What this task involves: In the entries below, how many lines contain the string "LexemeT"? Give the number by itself.

Dataset entries:
####################
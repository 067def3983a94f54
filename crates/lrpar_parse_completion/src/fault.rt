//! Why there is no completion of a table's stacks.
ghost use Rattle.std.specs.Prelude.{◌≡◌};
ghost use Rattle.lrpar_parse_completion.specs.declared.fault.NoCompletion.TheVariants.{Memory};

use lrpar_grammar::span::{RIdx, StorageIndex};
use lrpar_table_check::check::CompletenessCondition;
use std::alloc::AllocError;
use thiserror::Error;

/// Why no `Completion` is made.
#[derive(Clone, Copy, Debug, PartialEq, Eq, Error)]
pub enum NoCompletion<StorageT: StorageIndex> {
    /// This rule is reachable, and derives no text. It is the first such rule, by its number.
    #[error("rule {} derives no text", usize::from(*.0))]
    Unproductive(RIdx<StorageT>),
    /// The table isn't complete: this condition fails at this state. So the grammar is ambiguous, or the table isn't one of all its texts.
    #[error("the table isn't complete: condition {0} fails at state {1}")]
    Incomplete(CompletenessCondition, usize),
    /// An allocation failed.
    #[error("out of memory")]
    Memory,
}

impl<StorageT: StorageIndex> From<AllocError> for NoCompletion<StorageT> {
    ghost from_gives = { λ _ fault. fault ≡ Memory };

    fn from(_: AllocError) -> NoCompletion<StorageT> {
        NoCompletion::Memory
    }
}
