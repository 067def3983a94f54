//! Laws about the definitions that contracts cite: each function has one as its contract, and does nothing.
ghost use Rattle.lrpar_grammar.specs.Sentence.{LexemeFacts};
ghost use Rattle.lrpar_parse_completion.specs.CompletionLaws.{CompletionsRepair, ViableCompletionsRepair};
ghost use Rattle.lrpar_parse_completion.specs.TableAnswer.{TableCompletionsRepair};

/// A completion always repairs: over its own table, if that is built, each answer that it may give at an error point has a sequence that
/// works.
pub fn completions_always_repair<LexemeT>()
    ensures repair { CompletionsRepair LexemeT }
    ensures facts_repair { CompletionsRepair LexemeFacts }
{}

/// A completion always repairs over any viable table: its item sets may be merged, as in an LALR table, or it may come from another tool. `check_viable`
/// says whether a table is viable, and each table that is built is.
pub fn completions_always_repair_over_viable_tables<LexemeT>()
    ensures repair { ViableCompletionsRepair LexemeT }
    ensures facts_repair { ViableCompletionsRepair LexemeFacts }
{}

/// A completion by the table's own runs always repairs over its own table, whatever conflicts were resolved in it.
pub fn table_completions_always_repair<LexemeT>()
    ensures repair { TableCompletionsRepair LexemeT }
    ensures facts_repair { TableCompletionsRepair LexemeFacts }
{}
####################
Written response: 6